Both sides remain committed to the Super League, but that increasingly looks like a desperate gambit to stave off encroaching financial disaster. There will be very little super about Sunday’s game. Lionel Messi has gone, Cristiano Ronaldo has long since departed, and in the absence of the two superstars of the past 15 years, both clubs have struggled with the basics of team-building.

The good news for Barcelona is that it heads into Sunday’s Clásico having won back-to-back games for the first time this season, but it is still seventh in La Liga and there is little sense that those successive victories have done much to change the mood around the club. Last week’s 3–1 win over Valencia at least kept it within five points of league leader Real Sociedad (with a game in hand) and, perhaps more important, within two of Madrid, but such is the disillusionment that many of the 46,000 who turned out at the Camp Nou on Wednesday booed as the team saw out a 1–0 Champions League win over Dynamo Kiev.

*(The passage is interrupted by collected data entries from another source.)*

ghost use Rattle.std.specs.Prelude.{◌≡◌, ◌↔◌, Bool, IfSome, IsTrue, Some};
ghost use Rattle.data_queue.specs.declared.change.Change.{Change as TheChange};
ghost use Rattle.data_queue.specs.Change.{IsChange, change_bytes, change_of};

use byteorder::{ByteOrder, LittleEndian};
use mig_base::Span;

/// Blocks that were written: 1 to 64 of them, the first below 131,072.
#[derive(Clone, Copy, Debug, PartialEq, Eq)]
pub struct Change {
    pub span: Span,
}

impl Change {
    /// Whether the numbers are in their ranges.
    pub fn is_in_range(self) -> bool
        ensures { IsTrue result ↔ IsChange self }
    {
        self.span.first < 131_072 && self.span.count >= 1 && self.span.count <= 64
    }

    /// The entry of 32 bytes with this phase tag.
    pub fn to_bytes(self, phase: bool) -> [u8; 32]
        ensures bytes { result ≡ change_bytes self phase }
        ensures back { change_of result ≡ self }
    {
        let mut out = [0; 32];
        out[0] = 1;
        LittleEndian::write_u64(&mut out[8..16], u64::from(self.span.first));
        LittleEndian::write_u32(&mut out[16..20], self.span.count);
        out[20] = 1;
        out[31] = u8::from(phase);
        out
    }

    /// The change in range and the phase tag of which these are the entry; `None` exactly where they are no entry.
    pub fn parse(b: &[u8; 32]) -> Option<(Change, bool)>
        ensures read { IfSome result (λ r. IsChange r.0 × (b.now ≡ change_bytes r.0 r.1)) }
        ensures back { (c : TheChange) (phase : Bool) → IsChange c → change_bytes c phase ≡ b.now
            → result ≡ Some (c, phase) }
    {
        let change = Change::of_bytes(b);
        let phase = b[31] == 1;
        if !change.is_in_range() {
            return None;
        }
        let entry = change.to_bytes(phase);
        if entry.as_slice() != b.as_slice() {
            return None;
        }
        Some((change, phase))
    }

    /// The change in the bytes of an entry.
    pub(crate) fn of_bytes(b: &[u8; 32]) -> Change
        ensures { result ≡ change_of b.now }
    {
        Change {
            span: Span {
                first: LittleEndian::read_u32(&b[8..12]),
                count: LittleEndian::read_u32(&b[16..20]),
            },
        }
    }
}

Real Madrid faces Barcelona in El Clasico

Ansu Fati is back after a 10-month absence due to a knee injury and, after signing a six-year contract extension with a €1 billion buyout clause, should start. With him, Pedri and Gavi, plus the likes of Sergiño Dest, Riqui Puig and Yusuf Demir, there is perhaps some hope for the future. That is an extremely talented nucleus of young players. The danger is that the pressure is too great. Ideally, young players would be integrated slowly into a functioning unit, rather than being introduced en masse and left to sink or swim.

The pressure on Ronald Koeman at least has eased a little since he was publicly backed by club president Joan Laporta—although nobody really thinks that this is anything other than a marriage of convenience. Laporta was for a time fairly openly looking for replacements, before reluctantly concluding that given Barcelona’s financial position and the chaos around the club, there was no realistic candidate available. Koeman, unpopular as he is, does at least have three things going for him: He is of the Barça philosophy without being slavishly wedded to it; he has a track record of working successfully with young players; and he has an extremely thick skin.

If the situation at Madrid seems relatively benign, that’s more an indication of how bad things are at Barcelona. The debt is still vast, the midfield is still ancient, and Florentino Pérez, the naked emperor, still believes in his Super League project and spent the summer role-playing being the president of a wealthy club, pretending Madrid could afford to buy Kylian Mbappé rather than addressing any of the actual issues.

Form this season has been patchy. While Karim Benzema, whose trial for alleged involvement in blackmailing his international teammate Mathieu Valbuena over a sex tape is concluding Friday (Benzema did not appear in person, and a verdict is expected in a month's time; prosecutors have asked that Benzema be fined the maximum amount of $87,000 and be given a 10-month suspended jail sentence), has been in the form of his life, and Vinícius Júnior is beginning to deliver on early promise, there have also been defeats to Sheriff Tiraspol and Espanyol.

A Madrid win, even at this stage, would knock Barcelona further out of the title race, perhaps even already to a prohibitive place, but the game feels more significant for what it is not. This is not the pinnacle of the world game anymore. La Liga's place in the upper echelon is dwindling. In 2020, it was the first year since 2007 that there were no Spanish sides in the semifinals of the Champions League, and while Madrid got there last season, it was well beaten by Chelsea.

The cycle has moved on. Pandemic economics and the ownership structures of Manchester City, Chelsea and Paris Saint-Germain perhaps would have counted against La Liga, anyway, but it’s hard to avoid the sense of a supremacy needlessly and wastefully squandered. Sunday will still be a Clásico, with all its attendant intrigue, but this is no longer the game that stops the world.